In the absence of communication, perception and reality are often the same. The Dublin camp of the last decade was a study in both the Sicilian discipline of omerta, and — on those rare occasions there was noise — misdirection. While that dynamic undoubtedly served the group well, it left the rest of us to speculate. Any prolonged absence from Connolly was treated with the gravest suspicion.

Though most of us knew nothing of the real him, we applied the formulaic ‘tortured genius’ overlay and came up with the usual suspects of narratives; (a) off the rails, (b) spat with manager, (c) gone hurling, (d) Boston, (e) off recording a grime record with Aslan. There were times he did not help himself, but then, help himself to do what exactly? Conform to our ideal of what we expected him to be? The truth may only emerge as the multiple winners retire and write their well-deserved books, but so far the evidence points at Connolly being nothing but a positive influence while he was there.

One narrative which floated like a plastic bag on the wind last spring was Gavin wanted to win an All-Ireland without him, as if proving his system, his process did not need nor want an outlier like Connolly. Well, one piece of whimsical conjecture deserves another; how about Gavin instead choosing to include Connolly (after his aborted trip to the US) in Dublin’s five-in-row bid, not solely for the benefit of the team, but for the benefit of Connolly himself? If there is in fact a morsel of truth in this, it points at Gavin being a far better man manager (and person) then his steely reputation often portrayed.

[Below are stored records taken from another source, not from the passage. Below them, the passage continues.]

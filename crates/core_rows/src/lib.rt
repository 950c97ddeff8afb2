//! Tests of rebuilt tiles and of the core that keeps a bound paper.
//!
//! They stand in a crate of their own, so that the crates below are not proved once more with them.
#![tactic(auto)]

#[cfg(test)]
mod cores;
#[cfg(test)]
mod rebuilding;
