#[test]
fn the_lists_of_tables(rt: HostRuntime) -> Result<(), Fail> {
    const CASES: [Case<'static>; 44] = [
        (&["colour = []\n", SHIFTS], "colour: 0 items, not 1 to 256"),
        (&["colour = [1]\n", SHIFTS], "colour[0]: wrong kind"),
        (&["colour = [{}, 1]\n", SHIFTS], "colour[0].weave: missing"),
        (
            &[
                "colour = [{ weave = \"plain\" }, { weave = \"rows 1 11\", rgb = 1 }]\n",
                SHIFTS,
            ],
            "colour[1].weave: weave ragged",
        ),
        (
            &[
                "colour = [{ weave = \"plain\", rgb = [70000, 0] }]\n",
                SHIFTS,
            ],
            "colour[0].rgb: 2 items, not 3 to 3",
        ),
        (
            &[
                "colour = [{ weave = \"plain\", rgb = [0, 65535, 65536] }]\n",
                SHIFTS,
            ],
            "colour[0].rgb[2]: 65536 not in 0 to 65535",
        ),
        (&["tie = 1\n", COLOURS, SHIFTS], "tie: wrong kind"),
        (&["tie = [{}]\n", COLOURS, SHIFTS], "tie[0].kind: missing"),
        (
            &["tie = [{ kind = \"zigzag\" }]\n", COLOURS, SHIFTS],
            "tie[0].kind: unknown word",
        ),
        (
            &[
                "tie = [{ kind = \"straight\", from = 4096 }]\n",
                COLOURS,
                SHIFTS,
            ],
            "tie[0].from: 4096 not in 0 to 4095",
        ),
        (
            &[
                "tie = [{ kind = \"straight\", from = 0 }]\n",
                COLOURS,
                SHIFTS,
            ],
            "tie[0].to: missing",
        ),
        (
            &[
                "tie = [{ kind = \"straight\", from = 0, to = 1, times = 0 }]\n",
                COLOURS,
                SHIFTS,
            ],
            "tie[0].times: 0 not in 1 to 16384",
        ),
        (
            &[
                "tie = [{ kind = \"pointed\", from = 0, to = 0 }, { kind = \"reverse\" }]\n",
                COLOURS,
                SHIFTS,
            ],
            "tie[1].from: missing",
        ),
        (
            &[
                "tie = [{ kind = \"pointed\", from = 0, to = 0 }]\n",
                COLOURS,
                SHIFTS,
            ],
            "tie: column 1 untied",
        ),
        (
            &[
                "tie = [{ kind = \"reverse\", from = 0, to = 2 }]\n",
                COLOURS,
                SHIFTS,
            ],
            "tie: section 0 out of range",
        ),
        (
            &[
                "tie = [{ kind = \"reverse\", from = 0, to = 1, times = 16384 }]\n",
                COLOURS,
                SHIFTS,
            ],
            "tie: section 0 has too many ends",
        ),
        (
            &["motif = [{}]\n", COLOURS, SHIFTS],
            "motif[0].name: missing",
        ),
        (
            &["motif = [{ name = \"A\" }]\n", COLOURS, SHIFTS],
            "motif[0].name: bad name",
        ),
        (
            &["motif = [{ name = \"\" }]\n", COLOURS, SHIFTS],
            "motif[0].name: bad name",
        ),
        (
            &[
                "motif = [{ name = \"a23456789_123456789_123456789_123\" }]\n",
                COLOURS,
                SHIFTS,
            ],
            "motif[0].name: bad name",
        ),
        (
            &[
                "motif = [{ name = \"a23456789_123456789_123456789_12\" }]\n",
                COLOURS,
                SHIFTS,
            ],
            "motif[0].rows: missing",
        ),
        (
            &[
                "motif = [{ name = \"a\", rows = [\"0\"] }, { name = \"a\" }]\n",
                COLOURS,
                SHIFTS,
            ],
            "motif[1].name: bad name",
        ),
        (
            &["motif = [{ name = \"a\", rows = [] }]\n", COLOURS, SHIFTS],
            "motif[0].rows: 0 items, not 1 to 8192",
        ),
        (
            &[
                "motif = [{ name = \"a\", rows = [\"x\", 1] }]\n",
                COLOURS,
                SHIFTS,
            ],
            "motif[0].rows[1]: wrong kind",
        ),
        (
            &[
                "motif = [{ name = \"a\", rows = [\"0 x\"] }, 1]\n",
                COLOURS,
                SHIFTS,
            ],
            "motif[0].rows: motif row 0 word 1",
        ),
        (
            &[
                "motif = [{ name = \"a\", rows = [\"1\"] }]\n",
                COLOURS,
                SHIFTS,
            ],
            "motif[0].rows: motif row 0 word 0 colour",
        ),
        (
            &[
                "motif = [{ name = \"a\", rows = [\"0\", \". 0\"] }]\n",
                COLOURS,
                SHIFTS,
            ],
            "motif[0].rows: motif row 1 ragged",
        ),
        (
            &[
                "motif = [{ name = \"a\", rows = [\"0 . 0\"] }]\n",
                COLOURS,
                SHIFTS,
            ],
            "motif[0].rows: motif too large",
        ),
        (&["shift = []\n", COLOURS], "shift: 0 items, not 1 to 256"),
        (&["shift = [{}]\n", COLOURS], "shift[0].repeats: missing"),
        (
            &["shift = [{ repeats = [65537, 1] }]\n", COLOURS],
            "shift[0].repeats: 2 items, not 1 to 1",
        ),
        (
            &["shift = [{ repeats = [65537] }]\n", COLOURS],
            "shift[0].repeats[0]: 65537 not in 0 to 65536",
        ),
        (
            &["shift = [{ repeats = [1], acts = 1 }]\n", COLOURS],
            "shift[0].acts: wrong kind",
        ),
        (
            &[
                "shift = [{ repeats = [1], acts = [[\"dye\"], 1] }]\n",
                COLOURS,
            ],
            "shift[0].acts[1]: wrong kind",
        ),
        (
            &[
                "shift = [{ repeats = [1], acts = [[\"commit\", 1]] }]\n",
                COLOURS,
            ],
            "shift[0].acts[0][1]: wrong kind",
        ),
        (
            &[
                "shift = [{ repeats = [1], acts = [[], [\"dye\", 1]] }]\n",
                COLOURS,
            ],
            "shift[0].acts[1][0]: act word 0",
        ),
        (
            &[
                "shift = [{ repeats = [1], acts = [[\"dot 01 0 0\"]] }]\n",
                COLOURS,
            ],
            "shift[0].acts[0][0]: act number 1",
        ),
        (
            &[
                "shift = [{ repeats = [1], acts = [[\"dot 1 0 2\"]] }]\n",
                COLOURS,
            ],
            "shift[0].acts[0][0]: act colour",
        ),
        (
            &[
                "shift = [{ repeats = [1], acts = [[\"stamp a 0 0\"]] }]\n",
                COLOURS,
            ],
            "shift[0].acts[0][0]: act motif",
        ),
        (
            &[
                "shift = [{ repeats = [1], acts = [[\"dot 0 0 2\"]] }]\n",
                COLOURS,
            ],
            "shift[0].acts[0][0]: act out of paper",
        ),
        (
            &["zoom = 1\nloom = 1\n", COLOURS, SHIFTS],
            "loom: unknown key",
        ),
        (
            &[
                "colour = [{ weave = \"plain\", b = 1, a = 1 }]\nloom = 1\n",
                SHIFTS,
            ],
            "loom: unknown key",
        ),
        (
            &[
                "colour = [{ weave = \"plain\" }, { weave = \"plain\", b = 1, a = 1 }]\n",
                SHIFTS,
            ],
            "colour[1].a: unknown key",
        ),
        (
            &[
                "shift = [{ repeats = [1], act = [] }]\nmotif = [{ name = \"a\", rows = [\"0\"], row = 1 }]\n",
                COLOURS,
            ],
            "motif[0].row: unknown key",
        ),
    ];
    let mut shelf = MemoryShelf::new(rt.alloc(), Vec::new(rt.alloc()));
    check_cases(&rt, &mut shelf, rt.alloc(), "format = 1\n", &CASES, DESIGN)
}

He gambled on Connolly last season — twice — at crucial moments; once in the drawn final when it flagrantly didn’t work, and once in the replay, when it blatantly did.

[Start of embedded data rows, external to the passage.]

#[test]
fn the_greatest_paper_is_painted_and_committed(rt: HostRuntime) -> Result<(), Fail> {
    let case = Case {
        size: Size {
            columns: MAX_COLUMNS,
            picks: MAX_PICKS,
        },
        opening: 0,
        tile: 4,
        sections: &[],
        limits: [255, 255, 255, 255],
        binders: ["blank", "blank"],
    };
    let script = [
        (Call::Paint("dot 1 4095 8191"), Answer::Painted),
        (Call::Take(0), Answer::Bind(1023)),
        (Call::Give(0), INSTALLED),
        (Call::Commit, accepted(1)),
    ];
    expect(&rt, rt.alloc(), &case, &script)
}

fn let_go(core: Core) {}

Gavin would never have done this as an act of charity, but as a leap of faith in someone he clearly trusted, not to uphold his lauded process, but to be himself; a footballing alchemist.

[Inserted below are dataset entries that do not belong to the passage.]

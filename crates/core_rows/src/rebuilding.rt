//! Tiles rebuilt by jobs and all at once: against the plain functions, and against flags told by hand.
ghost use Rattle.std.specs.Prelude.{◌≡◌, ◌<◌, length, IfOk};
ghost use Rattle.draft_model.specs.Designs.{Fits, IsBitsOf, IsPaperOf};
ghost use Rattle.tile_grid.specs.Tiles.{tiles};
ghost use Rattle.tile_rebuild.specs.Tiles.{grid_of, parts_of};

use casting_out::casting::Casting;
use draft_model::design::Design;
use draft_model::drawdown::bound;
use harness_ties::section::{Section, SectionKind};
use harness_ties::tie::Tie;
use mill_base::bit_row::BitRow;
use mill_base::limits::{MAX_CLOTH_CELLS, MAX_COLUMNS, MAX_PICKS, MAX_TILE, MIN_TILE};
use mill_base::size::Size;
use mill_base::steps::Steps;
use point_paper::bit_paper::BitPaper;
use point_paper::paper::{Paper, Span};
use std::alloc::Global;
use std::marker::Brand;
use std::process::Abort;
use std::sync::ledger::{Blank, Ledger};
use std::test::Fail;
use tile_grid::grid::Grid;
use tile_rebuild::bind_job::{BindDone, BindJob};
use tile_rebuild::cells::put_cells;
use tile_rebuild::check_job::{CheckDone, CheckJob};
use tile_rebuild::part::part_of;
use tile_rebuild::room::BindRows;
use tile_rebuild::some_tiles::{LineRoom, check_some};
use tile_rebuild::whole::{WholeRoom, bind_whole, check_whole};
use weave_book::book::Book;
use weave_book::weaves::Weave;

/// A size and the side of a tile, the sections of the tie (straight over all columns where there are none), the limits of weft floats on the face and on the back and of warp
/// floats on the face and on the back, the binders, and what is painted on a paper of colour 0, which is plain.
#[derive(Drop)]
struct Case {
    size: Size,
    tile: u32,
    sections: &'static [Section],
    limits: [u32; 4],
    binders: [&'static str; 2],
    spans: &'static [Cells],
}

/// A design with a paper of it.
#[derive(Drop)]
struct Work {
    design: Design,
    paper: Paper,
    ghost fits: { Fits design },
    ghost of: { IsPaperOf design paper },
}

const PLAIN: u8 = 0;

const BLANK: u8 = 1;

const FULL: u8 = 2;

const TWILL: u8 = 3;

/// The first column and the pick of cells that lie side by side, how many they are, and their colour.
type Cells = (u32, u32, u32, u8);

fn book_of(alloc: Global) -> Result<Book, Fail>
    ensures { IfOk result (λ b. length b ≡ 4) }
{
    let mut book = Book::new(alloc);
    book.add(Weave::Plain)?;
    book.add(Weave::Blank)?;
    book.add(Weave::Full)?;
    book.add(Weave::parse("twill 3 1 right")?)?;
    Ok(book)
}

fn design_of(rt: &impl Abort, alloc: Global, case: &Case) -> Result<Design, Fail>
    ensures { IfOk result (λ d. Fits d) }
{
    let Size { columns, picks } = case.size;
    let [weft_face, weft_back, warp_face, warp_back] = case.limits;
    assert!(rt; 1 <= columns && columns <= MAX_COLUMNS && 1 <= picks && picks <= MAX_PICKS);
    assert!(rt; 1 <= weft_face && weft_face <= 255 && 1 <= weft_back && weft_back <= 255);
    assert!(rt; 1 <= warp_face && warp_face <= 255 && 1 <= warp_back && warp_back <= 255);
    assert!(rt; MIN_TILE <= case.tile && case.tile <= MAX_TILE);
    let tie = Tie::build(alloc, case.sections, columns)?;
    assert!(rt; 1 <= tie.ends() && tie.ends() as u64 * picks as u64 <= MAX_CLOTH_CELLS);
    Ok(Design {
        size: Size { columns, picks },
        book: book_of(alloc)?,
        tie,
        casting: Casting::build(alloc, MAX_COLUMNS, &[], columns)?,
        raise: Weave::parse(case.binders[0])?,
        sink: Weave::parse(case.binders[1])?,
        weft_face,
        weft_back,
        warp_face,
        warp_back,
        tile: case.tile,
    })
}

fn blank_paper(alloc: Global, design: &Design) -> Result<Paper, Fail>
    requires { Fits design.now }
    ensures { IfOk result (λ p. IsPaperOf design.now p) }
{
    Ok(Paper::blank(alloc, design.size, PLAIN)?)
}

fn paint(rt: &impl Abort, design: &Design, cells: Cells, paper: &mut Paper)
    requires { IsPaperOf design.now paper.old }
    ensures { IsPaperOf design.now paper.new }
{
    let (column, pick, length, colour) = cells;
    let size = paper.size();
    assert!(rt; pick < size.picks);
    assert!(rt; column <= size.columns && length <= size.columns - column);
    assert!(rt; (colour as u32) < design.book.colours());
    paper.paint_span(&Span {
        column,
        pick,
        length,
        colour,
    });
}

fn work_of(rt: &impl Abort, alloc: Global, case: &Case) -> Result<Work, Fail> {
    let design = design_of(rt, alloc, case)?;
    let mut paper = blank_paper(alloc, &design)?;
    for cells in case.spans {
        paint(rt, &design, *cells, &mut paper);
    }
    Ok(Work { design, paper })
}

fn tile_count(alloc: Global, design: &Design) -> Result<u32, Fail>
    requires { Fits design.now }
    ensures { IfOk result (λ n. n ≡ tiles (grid_of design.now)) }
{
    let grid = Grid::build(
        alloc,
        design.size,
        design.tile,
        &design.tie,
        design.weft_back,
        design.warp_back,
    )?;
    Ok(grid.tiles())
}

fn bind_with<L: Ledger>(
    alloc: Global,
    work: &Work,
    tile: u32,
    blank: Blank,
) -> Result<BindJob, Fail>
    requires tile { tile < tiles (grid_of work.now.design) }
    requires blank { (blank.name ≡ L.name) × (blank.parts ≡ L.parts) × (L.parts ≡ 1) }
    ensures { IfOk result (λ job. job.parts ≡ parts_of work.now.design) }
{
    let (book, all) = blank.open::<L>();
    let mut steps = Steps::new(book, all);
    Ok(BindJob::take(alloc, &work.design, &work.paper, tile, &mut steps)?)
}

fn bind_job(alloc: Global, work: &Work, tile: u32) -> Result<BindJob, Fail>
    requires { tile < tiles (grid_of work.now.design) }
    ensures { IfOk result (λ job. job.parts ≡ parts_of work.now.design) }
{
    bind_with::<Brand>(alloc, work, tile, Blank::new(1))
}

Connolly obliged. His cameo in last year’s replay epitomised his entire Dublin career. There was the ridiculously careless — an unforced turnover after gliding upfield 40 metres. There was an incomplete fancy flick, when the simple thing — the Jim Gavin Dublin thing — to do was to secure possession and walk the ball back 30 yards.

He mixed this pair of faux pas with the utterly sublime; dispossessing his opponent with an unmerciful hit, followed by a pass worthy of a collection of poems.

The cynics will say this and that — but the hard truth is, there was no other player on the field who would have had the balls to try that pass in any context, never mind Dublin — the most risk-averse team in history — being a single point up in an All-Ireland final replay, and simply no other player anywhere who could have executed it. He did both.Dublin scored.

Connolly was of course polarising. There was darkness; a beast that lurked beneath the beauty. Sometimes he was both at once. Now that he is gone, I know what my abiding memory of him will be; in 2017 he warmed up in front of where I sat in the lower Hogan. The game was suffocating in its intensity. We didn’t fully understand who Dublin were then. Mayo had them.

Connolly waited like an assassin for Gavin to give him the nod. It only took him till half-time. As the clock ticked south, and the air got thinner and thinner, Connolly did more and more. He carried and hit and blocked, and, in the penultimate Dublinattack, attempted a shot from fifty yards, likely sick of the one hundred phases of keep-ball that preceded it. The shot drifted wide, and Connolly was visibly annoyed.

From the ensuing kick-out, he took the ball from the 65’ and ran directly at Mayo, winning the free Dean Rock would ultimately point to win Dublin their All-Ireland.

At that moment, my heart broken, I couldn’t hate him. I just wished he was ours.